South-easterly winds on 24th July, brought a number of seabirds close
inshore, and amongst them five juvenile giant petrels, no less than three
of which were identifiable for species. A Northern Giant Petrel passed
about 50 meters off Mistral Point, allowing the reddish tip to the bill to
be seen. It was so close that I didn't manage to get the 'scope on it until
it was a fair way past the headland, but the bill tip colour was quite
visible through binoculars. A little later a Southern Giant Petrel passed
by about 75 meters away, again the diagnostic bill colour being quite
easily discernible.
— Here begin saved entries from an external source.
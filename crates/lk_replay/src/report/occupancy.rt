//! The holders of a lock and the threads that wait for it, as text that changes with each entry of
//! the history. A `Tracker` has them as lists, which would have to be printed anew for each move.

ghost use Rattle.std.specs.Prelude.{◌≡◌, ◌+◌, ◌++◌, ◌∷◌, ◌≤◌, [], length, take};
ghost use Rattle.lk_locks.specs.Change.{entries_by};
ghost use Rattle.lk_locks.specs.declared.kinds.Entry.TheVariants.{Acted, Announced, Returned};
ghost use Rattle.lk_locks.specs.Holding.{held_by_one, one_or_none, shared_by};
ghost use Rattle.lk_locks.specs.Legal.{AreEnabled, IsEnabled};
ghost use Rattle.lk_locks.specs.invariants.Kept.{IsSequential};
ghost use Rattle.lk_replay.specs.Occupancy.{Occupancy, occupancy_after, occupancy_of};
ghost use Rattle.lk_replay.specs.Occupancy.{occupancy_text};
ghost use Rattle.lk_replay.specs.Report.{holding_text, queue_text};

use crate::report::lists::{Readers, Requests};
use crate::report::numerals::put_number;
use crate::report::text::put;
use lk_locks::{Added, Family, LockKind, Op, family_of};
use std::marker::Model;

/// The holders and the waiting threads after the entries so far. The holder of a queue lock is the
/// thread whose acquire returned last, up to its release.
#[derive(Drop)]
pub struct OccupancyText {
    kind: LockKind,
    holder: Option<u8>,
    requests: Requests,
    readers: Readers,
    writer: Option<u8>,
    announced: Option<u8>,
}

impl Model for OccupancyText {
    ghost Value = { Occupancy };

    ghost view = { λ a. record {
      kind = a.kind;
      sequential = record {
        kind = a.kind;
        queue = a.requests;
        readers = a.readers;
        writer = a.writer;
        announced = a.announced;
      };
      holder = a.holder;
    } };

    ghost invariant = { λ a. IsSequential (record {
      kind = a.kind;
      queue = a.requests;
      readers = a.readers;
      writer = a.writer;
      announced = a.announced;
    }) };
}

// Writes a thread's number, or `-` for none.
fn put_one(line: &mut [u8], at: usize, thread: Option<u8>) -> usize
    requires { at + 4 ≤ length line.old }
    ensures held { take result line.new ≡ take at line.old ++ holding_text (held_by_one thread) }
    ensures waits { take result line.new ≡ take at line.old ++ queue_text (one_or_none thread) }
    ensures most { result ≤ at + 4 }
{
    match thread {
        Some(thread) => put_number(line, at, thread),
        None => put(line, at, b"-"),
    }
}

// Writes who holds a read-write lock.
fn put_sharers(line: &mut [u8], at: usize, readers: &Readers, writer: Option<u8>) -> usize
    requires { at + 321 ≤ length line.old }
    ensures text { take result line.new ≡ take at line.old
        ++ holding_text (shared_by readers.now writer) }
    ensures most { result ≤ at + 321 }
{
    match writer {
        Some(thread) => {
            let at = put(line, at, b"w");
            put_number(line, at, thread)
        }
        None => readers.put(line, at),
    }
}

impl OccupancyText {
    /// The occupancy of a lock with no history yet.
    pub fn new(kind: LockKind) -> OccupancyText
        ensures { result ≡ occupancy_of kind [] }
    {
        OccupancyText {
            kind,
            holder: None,
            requests: Requests::new(),
            readers: Readers::new(),
            writer: None,
            announced: None,
        }
    }

    // A writer announces itself.
    fn announce(&mut self, t: u8)
        requires { IsEnabled self.old.sequential (Announced t) }
        ensures { self.new ≡ occupancy_after self.old (Announced t ∷ []) }
    {
        self.announced = Some(t);
    }

    // A call takes effect.
    fn act(&mut self, t: u8, op: Op)
        requires { IsEnabled self.old.sequential (Acted t op) }
        ensures { self.new ≡ occupancy_after self.old (Acted t op ∷ []) }
    {
        match op {
            Op::Acquire => self.requests.join(t),
            Op::Release => {
                self.requests.leave(t);
                self.holder = None;
            }
            Op::ReadLock => self.readers.join(t),
            Op::ReadUnlock => self.readers.leave(t),
            Op::WriteLock => {
                self.writer = Some(t);
                self.announced = None;
            }
            Op::WriteUnlock => self.writer = None,
            Op::Downgrade => {
                self.readers.join(t);
                self.writer = None;
            }
        }
    }

    // A call returns.
    fn enter(&mut self, t: u8, op: Op)
        ensures { self.new ≡ occupancy_after self.old (Returned t op ∷ []) }
    {
        if op == Op::Acquire {
            self.holder = Some(t);
        }
    }

    /// Applies what the next move of a legal history adds.
    pub fn follow(&mut self, t: u8, added: Added)
        requires { AreEnabled self.old.sequential (entries_by t added) }
        ensures { self.new ≡ occupancy_after self.old (entries_by t added) }
    {
        match added {
            Added::Nothing | Added::Call(_) => {}
            Added::Announcement => self.announce(t),
            Added::Act(op) => self.act(t, op),
            Added::Return(op) => self.enter(t, op),
            Added::ActAndReturn(op) => {
                self.act(t, op);
                self.enter(t, op);
            }
            Added::AnnouncedWrite => {
                self.announce(t);
                self.act(t, Op::WriteLock);
            }
        }
    }

    /// Writes who holds and who waits, up to the line's end, and returns where that is.
    pub fn put(&self, line: &mut [u8], at: usize) -> usize
        requires { at + 384 ≤ length line.old }
        ensures text { take result line.new ≡ take at line.old ++ occupancy_text self.now }
        ensures fits { result ≤ length line.new }
    {
        match family_of(self.kind) {
            Family::Queue => {
                let at = put_one(line, at, self.holder);
                let at = put(line, at, b" queue ");
                let at = self.requests.put(line, at);
                put(line, at, b"\n")
            }
            Family::ReadWrite => {
                let at = put_sharers(line, at, &self.readers, self.writer);
                put(line, at, b" queue -\n")
            }
            Family::FifoReadWrite => {
                let at = put_sharers(line, at, &self.readers, self.writer);
                let at = put(line, at, b" queue ");
                let at = put_one(line, at, self.announced);
                put(line, at, b"\n")
            }
        }
    }
}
A second Southern Giant Petrel landed on the water and
started feeding on a dead squid about 100 meters offshore.
Also seen that day were a phase 4 Wandering Albatross (exulans or gibsoni,
I think), a Shy Albatross and a Brown Skua.

In the past two weeks prion numbers have been well down on their peak in
June, but there are still a few around. Even with numbers down, there are
more this year than there have been in the last three years.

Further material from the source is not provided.